• _HOW TO COMPLETE THIS TASK_
Start at the line with "1 => Some(ResourceOf::Buffer" in the records below, stop at the line with "pub struct GroupEntries;", and return every line in that span exactly, the two end lines included.

##########

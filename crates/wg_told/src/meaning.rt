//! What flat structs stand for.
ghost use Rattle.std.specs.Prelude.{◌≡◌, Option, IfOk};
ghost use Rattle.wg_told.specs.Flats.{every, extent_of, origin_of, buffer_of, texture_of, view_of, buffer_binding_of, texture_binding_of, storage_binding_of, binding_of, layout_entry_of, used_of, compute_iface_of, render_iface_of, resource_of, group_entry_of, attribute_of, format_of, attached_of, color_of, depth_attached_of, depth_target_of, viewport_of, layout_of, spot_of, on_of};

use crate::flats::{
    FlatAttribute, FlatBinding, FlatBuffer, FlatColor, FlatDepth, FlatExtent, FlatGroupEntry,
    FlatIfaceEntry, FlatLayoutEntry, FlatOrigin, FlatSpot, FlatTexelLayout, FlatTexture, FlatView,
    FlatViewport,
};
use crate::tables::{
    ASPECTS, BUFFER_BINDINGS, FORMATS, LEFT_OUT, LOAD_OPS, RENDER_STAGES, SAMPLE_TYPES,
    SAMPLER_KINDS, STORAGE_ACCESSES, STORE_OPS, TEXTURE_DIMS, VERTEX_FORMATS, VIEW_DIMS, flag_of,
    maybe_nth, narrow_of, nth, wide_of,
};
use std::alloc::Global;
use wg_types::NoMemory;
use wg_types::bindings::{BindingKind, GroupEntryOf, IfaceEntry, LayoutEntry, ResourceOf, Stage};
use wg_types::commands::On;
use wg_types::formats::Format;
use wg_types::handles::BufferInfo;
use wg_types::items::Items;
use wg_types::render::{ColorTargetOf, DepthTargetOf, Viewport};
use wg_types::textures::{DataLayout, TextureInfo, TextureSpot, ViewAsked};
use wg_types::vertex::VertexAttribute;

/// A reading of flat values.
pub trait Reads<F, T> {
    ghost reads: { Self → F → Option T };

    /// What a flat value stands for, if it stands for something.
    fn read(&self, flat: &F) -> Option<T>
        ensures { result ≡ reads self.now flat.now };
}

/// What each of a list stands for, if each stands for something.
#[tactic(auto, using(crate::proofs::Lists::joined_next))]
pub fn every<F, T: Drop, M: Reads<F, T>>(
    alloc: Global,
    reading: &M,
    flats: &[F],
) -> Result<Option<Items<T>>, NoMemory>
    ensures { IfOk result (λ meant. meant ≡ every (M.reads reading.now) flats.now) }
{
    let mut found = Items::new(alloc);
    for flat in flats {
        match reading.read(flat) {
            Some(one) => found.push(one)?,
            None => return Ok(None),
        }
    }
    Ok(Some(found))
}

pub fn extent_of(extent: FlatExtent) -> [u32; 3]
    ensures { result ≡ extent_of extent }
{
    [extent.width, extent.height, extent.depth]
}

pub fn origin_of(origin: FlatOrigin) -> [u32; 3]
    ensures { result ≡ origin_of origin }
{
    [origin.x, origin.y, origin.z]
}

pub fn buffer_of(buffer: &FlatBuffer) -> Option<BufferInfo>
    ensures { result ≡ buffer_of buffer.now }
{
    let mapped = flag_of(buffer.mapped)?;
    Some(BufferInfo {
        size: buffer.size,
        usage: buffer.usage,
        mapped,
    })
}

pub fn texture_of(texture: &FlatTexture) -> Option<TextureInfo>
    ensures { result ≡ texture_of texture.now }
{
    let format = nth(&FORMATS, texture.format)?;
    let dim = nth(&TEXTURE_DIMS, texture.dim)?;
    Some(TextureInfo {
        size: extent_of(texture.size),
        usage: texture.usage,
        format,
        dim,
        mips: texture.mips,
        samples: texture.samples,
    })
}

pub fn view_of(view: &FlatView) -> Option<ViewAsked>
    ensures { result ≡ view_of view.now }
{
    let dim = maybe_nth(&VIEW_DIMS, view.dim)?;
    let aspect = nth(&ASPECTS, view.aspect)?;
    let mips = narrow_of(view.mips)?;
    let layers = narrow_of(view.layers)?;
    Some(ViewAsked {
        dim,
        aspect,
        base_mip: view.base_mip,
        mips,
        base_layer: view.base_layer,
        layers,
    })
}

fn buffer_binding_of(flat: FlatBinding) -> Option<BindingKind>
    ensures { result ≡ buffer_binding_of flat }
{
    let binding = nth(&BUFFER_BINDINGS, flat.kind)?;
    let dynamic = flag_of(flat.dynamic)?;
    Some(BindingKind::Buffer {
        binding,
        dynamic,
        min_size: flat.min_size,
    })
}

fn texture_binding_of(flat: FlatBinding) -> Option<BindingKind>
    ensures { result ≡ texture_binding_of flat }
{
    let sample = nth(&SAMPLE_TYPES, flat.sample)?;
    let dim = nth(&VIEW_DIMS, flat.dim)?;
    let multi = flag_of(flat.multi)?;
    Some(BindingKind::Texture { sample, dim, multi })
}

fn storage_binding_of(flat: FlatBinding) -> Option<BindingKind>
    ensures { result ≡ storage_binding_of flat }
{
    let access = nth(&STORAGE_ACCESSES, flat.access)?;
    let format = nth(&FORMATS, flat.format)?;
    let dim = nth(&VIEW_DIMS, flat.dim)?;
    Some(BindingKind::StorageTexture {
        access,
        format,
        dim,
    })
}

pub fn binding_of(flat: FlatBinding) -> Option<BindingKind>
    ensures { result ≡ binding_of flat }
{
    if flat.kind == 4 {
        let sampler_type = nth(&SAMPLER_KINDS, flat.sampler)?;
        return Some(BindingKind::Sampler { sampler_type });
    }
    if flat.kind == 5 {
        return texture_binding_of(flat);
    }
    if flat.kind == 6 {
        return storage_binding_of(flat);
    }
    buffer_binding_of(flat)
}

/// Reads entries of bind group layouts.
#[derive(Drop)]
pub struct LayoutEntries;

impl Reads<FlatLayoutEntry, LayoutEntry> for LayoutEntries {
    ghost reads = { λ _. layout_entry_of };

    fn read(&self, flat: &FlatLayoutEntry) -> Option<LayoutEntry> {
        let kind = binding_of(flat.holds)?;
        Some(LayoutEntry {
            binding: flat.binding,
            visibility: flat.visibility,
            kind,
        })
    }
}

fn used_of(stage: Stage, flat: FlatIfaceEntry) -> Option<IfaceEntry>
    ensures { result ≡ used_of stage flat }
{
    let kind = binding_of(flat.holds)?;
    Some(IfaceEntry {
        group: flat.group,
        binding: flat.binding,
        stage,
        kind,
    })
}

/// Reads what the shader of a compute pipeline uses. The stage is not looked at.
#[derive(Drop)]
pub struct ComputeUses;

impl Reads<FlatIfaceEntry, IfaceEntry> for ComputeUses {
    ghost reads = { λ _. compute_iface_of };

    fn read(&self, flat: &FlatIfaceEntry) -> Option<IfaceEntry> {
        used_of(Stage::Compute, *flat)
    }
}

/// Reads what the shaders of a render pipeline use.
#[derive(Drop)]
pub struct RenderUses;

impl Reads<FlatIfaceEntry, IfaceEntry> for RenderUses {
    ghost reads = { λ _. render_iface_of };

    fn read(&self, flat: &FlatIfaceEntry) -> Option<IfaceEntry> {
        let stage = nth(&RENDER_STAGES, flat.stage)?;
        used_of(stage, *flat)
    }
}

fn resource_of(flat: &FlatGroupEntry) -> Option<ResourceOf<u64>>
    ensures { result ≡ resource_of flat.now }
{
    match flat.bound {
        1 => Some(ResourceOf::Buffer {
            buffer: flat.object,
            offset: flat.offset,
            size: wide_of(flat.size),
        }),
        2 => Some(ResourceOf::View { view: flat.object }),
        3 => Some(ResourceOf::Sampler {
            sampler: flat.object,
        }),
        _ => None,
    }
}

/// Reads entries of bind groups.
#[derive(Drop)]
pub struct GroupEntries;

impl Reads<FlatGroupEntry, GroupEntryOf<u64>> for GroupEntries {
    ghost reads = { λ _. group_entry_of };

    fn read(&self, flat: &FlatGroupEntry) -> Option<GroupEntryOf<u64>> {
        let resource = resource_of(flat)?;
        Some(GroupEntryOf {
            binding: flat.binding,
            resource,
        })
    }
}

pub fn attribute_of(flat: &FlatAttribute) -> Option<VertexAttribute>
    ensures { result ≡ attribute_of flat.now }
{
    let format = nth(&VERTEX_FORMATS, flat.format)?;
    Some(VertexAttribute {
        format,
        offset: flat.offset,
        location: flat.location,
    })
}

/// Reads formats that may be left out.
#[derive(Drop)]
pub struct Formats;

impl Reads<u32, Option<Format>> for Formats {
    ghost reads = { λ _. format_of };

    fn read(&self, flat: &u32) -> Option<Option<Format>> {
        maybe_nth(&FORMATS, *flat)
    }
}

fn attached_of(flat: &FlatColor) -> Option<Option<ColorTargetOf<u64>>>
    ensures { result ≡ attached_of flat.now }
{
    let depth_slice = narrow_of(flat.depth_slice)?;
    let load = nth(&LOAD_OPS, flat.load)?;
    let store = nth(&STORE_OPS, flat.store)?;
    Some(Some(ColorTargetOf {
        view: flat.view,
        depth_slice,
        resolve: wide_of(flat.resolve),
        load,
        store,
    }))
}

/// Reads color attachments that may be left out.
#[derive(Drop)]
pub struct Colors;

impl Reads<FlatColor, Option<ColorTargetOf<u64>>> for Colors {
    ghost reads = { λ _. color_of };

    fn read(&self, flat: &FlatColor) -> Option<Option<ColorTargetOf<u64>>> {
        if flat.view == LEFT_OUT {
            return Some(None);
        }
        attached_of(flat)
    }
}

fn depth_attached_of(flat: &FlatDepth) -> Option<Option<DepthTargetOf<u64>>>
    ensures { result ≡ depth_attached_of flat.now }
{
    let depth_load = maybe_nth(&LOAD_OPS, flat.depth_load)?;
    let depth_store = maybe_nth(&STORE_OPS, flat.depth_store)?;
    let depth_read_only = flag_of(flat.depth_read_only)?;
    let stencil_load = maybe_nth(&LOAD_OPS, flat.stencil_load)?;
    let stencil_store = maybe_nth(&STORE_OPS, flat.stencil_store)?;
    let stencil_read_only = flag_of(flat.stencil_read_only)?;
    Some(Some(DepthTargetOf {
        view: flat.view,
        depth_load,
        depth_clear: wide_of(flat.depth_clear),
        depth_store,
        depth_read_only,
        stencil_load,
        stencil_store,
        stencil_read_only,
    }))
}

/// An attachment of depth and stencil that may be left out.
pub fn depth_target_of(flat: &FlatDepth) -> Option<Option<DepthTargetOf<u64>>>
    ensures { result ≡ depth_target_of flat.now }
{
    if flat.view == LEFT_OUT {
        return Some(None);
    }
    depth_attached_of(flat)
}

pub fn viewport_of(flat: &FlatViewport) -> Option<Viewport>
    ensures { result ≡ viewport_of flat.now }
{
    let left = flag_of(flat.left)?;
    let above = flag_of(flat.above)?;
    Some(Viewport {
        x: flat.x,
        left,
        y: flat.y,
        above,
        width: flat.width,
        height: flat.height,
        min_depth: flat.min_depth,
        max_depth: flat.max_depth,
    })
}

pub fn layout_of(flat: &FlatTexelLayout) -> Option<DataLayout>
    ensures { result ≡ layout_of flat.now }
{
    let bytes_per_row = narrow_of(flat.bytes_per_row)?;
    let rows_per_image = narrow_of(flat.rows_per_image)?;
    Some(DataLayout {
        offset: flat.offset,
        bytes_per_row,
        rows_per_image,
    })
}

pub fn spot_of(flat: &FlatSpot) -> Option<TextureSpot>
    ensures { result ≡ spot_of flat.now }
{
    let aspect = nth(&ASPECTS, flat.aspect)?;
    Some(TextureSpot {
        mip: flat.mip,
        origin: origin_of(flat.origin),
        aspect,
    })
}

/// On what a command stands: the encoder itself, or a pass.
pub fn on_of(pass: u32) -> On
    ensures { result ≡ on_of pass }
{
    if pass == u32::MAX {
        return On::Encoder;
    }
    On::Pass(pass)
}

##########

• _REPLY TO THE TASK_
        1 => Some(ResourceOf::Buffer {
            buffer: flat.object,
            offset: flat.offset,
            size: wide_of(flat.size),
        }),
        2 => Some(ResourceOf::View { view: flat.object }),
        3 => Some(ResourceOf::Sampler {
            sampler: flat.object,
        }),
        _ => None,
    }
}

/// Reads entries of bind groups.
#[derive(Drop)]
pub struct GroupEntries;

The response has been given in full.